**WHAT YOU WILL DO:** Here are some entries. Repeat all of them exactly.
○ ○ ○
//! Boards and crews of which `tests/grow` refuses one allocation after the other.
//!
//! A test prints `memory` if the call that it is about met the refusal, and `answered` if it
//! returned what it has to. It prints nothing if what is made beforehand met it.

ghost use Rattle.std.specs.Prelude.{◌+◌, ◌≤◌, length};
ghost use Rattle.rank_board.specs.Seats.{rights_of, IsSeatOf};
ghost use Rattle.rank_crew.specs.Workers.{IsKept};

use crate::data::{USUAL, data_of, plan_of};
use ghcn_fields::Memory;
use rank_board::{Board, Seat};
use rank_crew::{Open, crew, survey, work};
use rank_query::Query;
use rank_sched::Plan;
use std::alloc::Global;
use std::process::Abort;
use std::sync::Wait;
use std::test::Fail;
use std::thread::Threads;

#[test]
fn a_board_for_eight_claims(rt: HostRuntime) -> Result<(), Fail> {
    match Board::open(rt.alloc(), 8, None) {
        Ok((board, mut seat)) => {
            assert_eq!(rt; board.claim(&mut seat), 0);
            assert_eq!(rt; seat.rights(), 7);
            println!(rt; "answered")?;
        }
        Err(Memory) => println!(rt; "memory")?,
    }
    Ok(())
}

/// Prints whether a call returned, and then it has to have returned what it has to.
fn tell<R: Abort + Print>(rt: &R, found: Option<Result<bool, Memory>>) -> Result<(), Fail> {
    match found {
        None => {}
        Some(Err(Memory)) => println!(rt; "memory")?,
        Some(Ok(right)) => {
            assert!(rt; right);
            println!(rt; "answered")?;
        }
    }
    Ok(())
}

/// Whether four workers make the plan of the usual values.
fn surveyed<R: Threads + Wait + Sync>(rt: &R, alloc: Global) -> Option<Result<bool, Memory>> {
    let data = data_of(alloc, &USUAL)?;
    let query = Query::parse("top 1 highest TMAX").ok()?;
    let plan = survey(rt, alloc, &data, &query, 4, &Open);
    Some(plan.map(|it| it.len() == 3 && it.bound(2) == Some(250)))
}

#[test]
fn a_survey_of_four_workers(rt: HostRuntime) -> Result<(), Fail> {
    tell(&rt, surveyed(&rt, rt.alloc()))
}

/// Whether four workers return the best of the usual values.
fn answered<R: Threads + Wait + Sync>(rt: &R, alloc: Global) -> Option<Result<bool, Memory>> {
    let data = data_of(alloc, &USUAL)?;
    let plan = plan_of(alloc, &data)?;
    let answer = crew(rt, alloc, &plan, 4, None, &Open);
    Some(answer.map(|it| it.best.len() == 1 && it.records.len() == 3))
}

#[test]
fn a_crew_of_four_workers(rt: HostRuntime) -> Result<(), Fail> {
    tell(&rt, answered(&rt, rt.alloc()))
}

/// One worker of a plan: its seat, and how many records it has, if it found memory.
fn home_of<R: Wait>(
    rt: &R,
    alloc: Global,
    plan: &Plan<'_>,
    board: &Board,
    seat: Seat,
    worker: u64,
) -> (Seat, Option<usize>)
    requires seat { IsSeatOf board.now seat }
    requires rights { length plan.now.morsels + 1 ≤ rights_of seat }
    ensures { IsKept board.now seat result.0 }
{
    match work(rt, alloc, plan, board, seat, worker, &Open) {
        Ok((seat, haul)) => (seat, Some(haul.records.len())),
        Err((seat, Memory)) => (seat, None),
    }
}

/// What two workers of one board leave of a plan of three morsels.
#[derive(Drop)]
struct Left {
    /// The number of the next claim.
    next: u64,
    /// How many rights to a claim aren't used.
    rights: u64,
    /// Of each worker how many records it has, if it found memory.
    records: (Option<usize>, Option<usize>),
}

/// What two workers leave, if the second starts after the first has ended.
fn left_by_two<R: Wait>(rt: &R, alloc: Global, plan: &Plan<'_>) -> Option<Left> {
    if plan.len() != 3 {
        return None;
    }
    let (board, mut one) = Board::open(alloc, 8, None).ok()?;
    let two = board.split(&mut one, 4);
    let (mut one, first) = home_of(rt, alloc, plan, &board, one, 0);
    let (two, second) = home_of(rt, alloc, plan, &board, two, 1);
    board.join(&mut one, two);
    let rights = one.rights();
    Some(Left {
        next: board.close(one).next,
        rights,
        records: (first, second),
    })
}

/// The same over the usual values.
fn left_of_usual<R: Wait>(rt: &R, alloc: Global) -> Option<Left> {
    let data = data_of(alloc, &USUAL)?;
    left_by_two(rt, alloc, &plan_of(alloc, &data)?)
}

#[test]
fn two_workers_of_one_board(rt: HostRuntime) -> Result<(), Fail> {
    let Some(left) = left_of_usual(&rt, rt.alloc()) else {
        return Ok(());
    };
    let used_up = left.next.checked_add(left.rights);
    assert_eq!(rt; used_up, Some(8), "each claim took one right");
    match left.records {
        (Some(3), Some(0)) => {
            assert_eq!(rt; left.next, 5, "each worker claimed past the last morsel");
            println!(rt; "answered")?;
        }
        (None, Some(_)) | (Some(_), None) => {
            assert!(rt; left.next >= 4, "the other claimed past the last morsel");
            println!(rt; "memory")?;
        }
        records => {
            assert!(rt; false, "{records:?}");
        }
    }
    Ok(())
}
○ ○ ○
**COMPLETED EXERCISE:**
//! Boards and crews of which `tests/grow` refuses one allocation after the other.
//!
//! A test prints `memory` if the call that it is about met the refusal, and `answered` if it
//! returned what it has to. It prints nothing if what is made beforehand met it.

ghost use Rattle.std.specs.Prelude.{◌+◌, ◌≤◌, length};
ghost use Rattle.rank_board.specs.Seats.{rights_of, IsSeatOf};
ghost use Rattle.rank_crew.specs.Workers.{IsKept};

use crate::data::{USUAL, data_of, plan_of};
use ghcn_fields::Memory;
use rank_board::{Board, Seat};
use rank_crew::{Open, crew, survey, work};
use rank_query::Query;
use rank_sched::Plan;
use std::alloc::Global;
use std::process::Abort;
use std::sync::Wait;
use std::test::Fail;
use std::thread::Threads;

#[test]
fn a_board_for_eight_claims(rt: HostRuntime) -> Result<(), Fail> {
    match Board::open(rt.alloc(), 8, None) {
        Ok((board, mut seat)) => {
            assert_eq!(rt; board.claim(&mut seat), 0);
            assert_eq!(rt; seat.rights(), 7);
            println!(rt; "answered")?;
        }
        Err(Memory) => println!(rt; "memory")?,
    }
    Ok(())
}

/// Prints whether a call returned, and then it has to have returned what it has to.
fn tell<R: Abort + Print>(rt: &R, found: Option<Result<bool, Memory>>) -> Result<(), Fail> {
    match found {
        None => {}
        Some(Err(Memory)) => println!(rt; "memory")?,
        Some(Ok(right)) => {
            assert!(rt; right);
            println!(rt; "answered")?;
        }
    }
    Ok(())
}

/// Whether four workers make the plan of the usual values.
fn surveyed<R: Threads + Wait + Sync>(rt: &R, alloc: Global) -> Option<Result<bool, Memory>> {
    let data = data_of(alloc, &USUAL)?;
    let query = Query::parse("top 1 highest TMAX").ok()?;
    let plan = survey(rt, alloc, &data, &query, 4, &Open);
    Some(plan.map(|it| it.len() == 3 && it.bound(2) == Some(250)))
}

#[test]
fn a_survey_of_four_workers(rt: HostRuntime) -> Result<(), Fail> {
    tell(&rt, surveyed(&rt, rt.alloc()))
}

/// Whether four workers return the best of the usual values.
fn answered<R: Threads + Wait + Sync>(rt: &R, alloc: Global) -> Option<Result<bool, Memory>> {
    let data = data_of(alloc, &USUAL)?;
    let plan = plan_of(alloc, &data)?;
    let answer = crew(rt, alloc, &plan, 4, None, &Open);
    Some(answer.map(|it| it.best.len() == 1 && it.records.len() == 3))
}

#[test]
fn a_crew_of_four_workers(rt: HostRuntime) -> Result<(), Fail> {
    tell(&rt, answered(&rt, rt.alloc()))
}

/// One worker of a plan: its seat, and how many records it has, if it found memory.
fn home_of<R: Wait>(
    rt: &R,
    alloc: Global,
    plan: &Plan<'_>,
    board: &Board,
    seat: Seat,
    worker: u64,
) -> (Seat, Option<usize>)
    requires seat { IsSeatOf board.now seat }
    requires rights { length plan.now.morsels + 1 ≤ rights_of seat }
    ensures { IsKept board.now seat result.0 }
{
    match work(rt, alloc, plan, board, seat, worker, &Open) {
        Ok((seat, haul)) => (seat, Some(haul.records.len())),
        Err((seat, Memory)) => (seat, None),
    }
}

/// What two workers of one board leave of a plan of three morsels.
#[derive(Drop)]
struct Left {
    /// The number of the next claim.
    next: u64,
    /// How many rights to a claim aren't used.
    rights: u64,
    /// Of each worker how many records it has, if it found memory.
    records: (Option<usize>, Option<usize>),
}

/// What two workers leave, if the second starts after the first has ended.
fn left_by_two<R: Wait>(rt: &R, alloc: Global, plan: &Plan<'_>) -> Option<Left> {
    if plan.len() != 3 {
        return None;
    }
    let (board, mut one) = Board::open(alloc, 8, None).ok()?;
    let two = board.split(&mut one, 4);
    let (mut one, first) = home_of(rt, alloc, plan, &board, one, 0);
    let (two, second) = home_of(rt, alloc, plan, &board, two, 1);
    board.join(&mut one, two);
    let rights = one.rights();
    Some(Left {
        next: board.close(one).next,
        rights,
        records: (first, second),
    })
}

/// The same over the usual values.
fn left_of_usual<R: Wait>(rt: &R, alloc: Global) -> Option<Left> {
    let data = data_of(alloc, &USUAL)?;
    left_by_two(rt, alloc, &plan_of(alloc, &data)?)
}

#[test]
fn two_workers_of_one_board(rt: HostRuntime) -> Result<(), Fail> {
    let Some(left) = left_of_usual(&rt, rt.alloc()) else {
        return Ok(());
    };
    let used_up = left.next.checked_add(left.rights);
    assert_eq!(rt; used_up, Some(8), "each claim took one right");
    match left.records {
        (Some(3), Some(0)) => {
            assert_eq!(rt; left.next, 5, "each worker claimed past the last morsel");
            println!(rt; "answered")?;
        }
        (None, Some(_)) | (Some(_), None) => {
            assert!(rt; left.next >= 4, "the other claimed past the last morsel");
            println!(rt; "memory")?;
        }
        records => {
            assert!(rt; false, "{records:?}");
        }
    }
    Ok(())
}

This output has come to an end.